Giles, who directs the Intelligent Systems Research Laboratory, has been involved in the creation and development of various novel search engines and digital libraries. He was one of the creators of the popular computer and information science search engine, CiteSeer, an autonomous citation indexing search engine and digital library. Recently, it has been replaced by the next generation CiteSeer, CiteSeerX- an evolving scientific literature digital library and search engine that has focused primarily on the literature in computer and information science. CiteSeerx aims to improve the dissemination of scientific literature and to provide improvements in functionality, usability, availability, cost, comprehensiveness, efficiency, and timeliness in the access of scientific and scholarly knowledge. The system, which includes about 3 million documents, gets about 2 to 4 million hits a day.
"It's heavily used by graduate students, professors and researchers throughout the world," Giles said. "It's comparable to an open-source Google Scholar (a web search engine that indexes the full text of scholarly literature across an array of publishing formats and disciplines)."
To put their theories into practice, Giles, Chen and their collaborators recently shipped the CSSeer system to the Dow Chemical Co., an American multinational chemical corporation headquartered in Midland, Mich. that manufactures plastics, chemicals, and agricultural products. According to Giles and Chen, Dow managers and researchers wanted to identify the areas of expertise of some individuals in their organization. The researchers complied with the company's request by building an expert recommendation system for Dow based upon its internal documents.
"If (Dow managers) want to start a project, they can use the system to figure out who are the internal experts," Chen said.
The CiteSeerX system is flexible and "independent of the field," Giles said. Rather than creating just another digital library, CiteSeerx attempts to provide resources such as algorithms, data, metadata, services, techniques, and software that can be used to promote other digital libraries. CiteSeerx has developed new methods and algorithms to index PostScript and PDF research articles on the Web.
Collaborative research has been increasingly popular and important in academic circles, since collaboration brings more points of view to the issues addressed. However, the design of traditional digital libraries and search engines focuses on discovering relevant documents rather than people who share similar research interests. In addition to helping researchers identify experts in a given area, the CiteSeerX platform can also be used to help scholars and scientists discover potential collaborators. CollabSeer is a search engine for discovering potential collaborators for a given author or researcher.
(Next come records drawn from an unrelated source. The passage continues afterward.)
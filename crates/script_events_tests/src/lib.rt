//! Tests of a lane's work over a book on a disk by its public call: what the disk was offered where
//! it failed, and that a run goes on where it didn't.
#![tactic(auto)]

#[cfg(test)]
mod halls;
#[cfg(test)]
mod steps;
The system discovers collaborators based on the structure of the co-author network and a user's research interests.
"Similar to Facebook, (CollabSeer) will recommend individuals based on your social network and key phrases," Giles said.
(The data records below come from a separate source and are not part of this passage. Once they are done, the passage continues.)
ghost use Rattle.std.specs.Prelude.{◌≡◌, ◌+◌, ◌<◌, length, min, IfOk, IsSome};
ghost use Rattle.hall_limits.specs.declared.TheConstants.{MAX_LANE};
ghost use Rattle.lane_files.specs.LateFile.{gate_path};
ghost use Rattle.hall_devices.specs.Named.{folder_of, IsCellOf, AreLanesOf};

use crate::doors::open_door;
use crate::port_cell::PortCell;
use crate::scale_door::ScaleDoor;
use crate::unopened::Unopened;
use command_line::{Command, Wants};
use hall_limits::MAX_LANE;
use lane_files::{FileCell, FileGate, FolderLock, ToldCell, file_cell, file_gate, lock_folder};
use lane_worker::{EitherCell, PairLane};
use stop_file::StopFile;
use tcp_door::Manners;

/// How many connections the cell of a lane takes from its scale.
const MAX_CELL_CONNECTIONS: u32 = 1_000;

/// A cell that hears its scale at a port.
type ToldPort<'a> = ToldCell<PortCell, &'a HostRuntime>;

/// A cell that reads a file, or that hears its scale at a port.
type HallCell<'a> = EitherCell<FileCell<'a, HostRuntime>, ToldPort<'a>>;

/// A lane of the program. Its gate is a file.
pub type HallLane<'a> = PairLane<HallCell<'a>, FileGate<'a, HostRuntime>>;

// The cell of a lane: it hears its scale at a port that rises from that of the first, where the words
// have one, and else it reads a file of the folder. Where a port can't be had `serve` has no lane;
// in a run the cell fails when it is worked.
fn open_cell<'a>(
    rt: &'a HostRuntime,
    wanted: &Wants,
    stop: &StopFile,
    place: u8,
) -> Result<HallCell<'a>, Unopened>
    requires { place < MAX_LANE }
    ensures named { IfOk result (λ cell.
        IsCellOf wanted.now.remote (folder_of wanted.now.cells) place cell) }
{
    let at_door = stop.again(rt.alloc())?;
    let stop = stop.again(rt.alloc())?;
    let Some(first) = wanted.remote else {
        let number = place.saturating_add(1);
        let cell = file_cell(rt.alloc(), rt, folder_of(wanted), number, stop)?;
        return Ok(EitherCell::One(cell));
    };
    let port = first.saturating_add(u16::from(place));
    let door = open_door(*rt, port, MAX_CELL_CONNECTIONS, Manners::SCALE, at_door);
    if wanted.command == Command::Serve && door.listen_error().is_some() {
        return Err(Unopened::NoPort);
    }
    let name = format!(in rt.alloc(); "port {port}")?;
    let cell = PortCell::new(ScaleDoor::new(door, *rt, port), stop);
    Ok(EitherCell::Other(ToldCell::new(cell, rt, name)))
}

// The folder of the lanes' files.
fn folder_of(wanted: &Wants) -> &str
    ensures { result.now ≡ folder_of wanted.now.cells }
{
    match &wanted.cells {
        Some(path) => path.as_str(),
        None => ".",
    }
}

/// The file of the lanes' folder by which somebody asks that `serve` end in good order; no other
/// command looks for one. Where it is there already, standard error says so.
///
/// # Errors
///
/// `Unopened` where there is no memory for its path.
pub fn find_stop(rt: &HostRuntime, wanted: &Wants) -> Result<StopFile, Unopened> {
    if wanted.command != Command::Serve {
        return Ok(StopFile::none());
    }
    let folder = folder_of(wanted);
    let stop = StopFile::in_folder(rt.alloc(), folder)?;
    if stop.is_there() {
        let _ = eprintln!(rt; "hall: {folder}/stop is there: the hall ends in good order at once");
    }
    Ok(stop)
}

/// Locks the folder of the lanes' files, where there are lanes. None where another hall has it, which
/// standard error says.
pub fn lock_cells(rt: &HostRuntime, wanted: &Wants) -> Option<FolderLock>
    ensures { wanted.now.lanes ≡ 0 → IsSome result }
{
    if wanted.lanes == 0 {
        return Some(FolderLock::none());
    }
    lock_folder(rt.alloc(), rt, folder_of(wanted))
}

// The lane at a place: its gate is a file of the folder, and so is its cell, unless the words have a
// port for it.
fn open_lane<'a>(
    rt: &'a HostRuntime,
    wanted: &Wants,
    stop: &StopFile,
    place: u8,
) -> Result<HallLane<'a>, Unopened>
    requires { place < MAX_LANE }
    ensures cell { IfOk result (λ lane.
        IsCellOf wanted.now.remote (folder_of wanted.now.cells) place lane.cell) }
    ensures gate { IfOk result (λ lane. lane.gate.writer.writer.path
        ≡ gate_path (folder_of wanted.now.cells) (place + 1)) }
{
    let cell = open_cell(rt, wanted, stop, place)?;
    let number = place.saturating_add(1);
    let stop = stop.again(rt.alloc())?;
    let gate = file_gate(rt.alloc(), rt, folder_of(wanted), number, stop)?;
    Ok(PairLane::new(cell, gate))
}

/// The lanes that the words ask for. Their cells end where the file is there by which somebody asks
/// for that, and gates that would wait fail.
///
/// # Errors
///
/// `Unopened` where there is no memory, or, of `serve`, a port of a cell can't be had.
pub fn open_lanes<'a>(
    rt: &'a HostRuntime,
    wanted: &Wants,
    stop: &StopFile,
) -> Result<Vec<HallLane<'a>>, Unopened>
    ensures count { IfOk result (λ lanes. length lanes.items ≡ min wanted.now.lanes MAX_LANE) }
    ensures named { IfOk result (λ lanes.
        AreLanesOf wanted.now.remote (folder_of wanted.now.cells) 0 lanes.items) }
{
    let count = wanted.lanes.min(MAX_LANE);
    let mut lanes = Vec::with_capacity(rt.alloc(), usize::from(count))?;
    for place in 0..count {
        let lane = open_lane(rt, wanted, stop, place)?;
        if lanes.push(lane).is_err() {
            return Err(Unopened::NoMemory);
        }
    }
    Ok(lanes)
}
The long-term plans for CiteSeer, Giles said, include making the system easier and more efficient to run, improving data extraction methods, increasing the number of documents, and automating the extraction of tables and figures in documents. Currently, he added, CiteSeer has over 3 million documents, and "we think we will be able to expand way beyond that."
"We will continue to build upon this large and growing collection of free, publicly available documents," Giles said.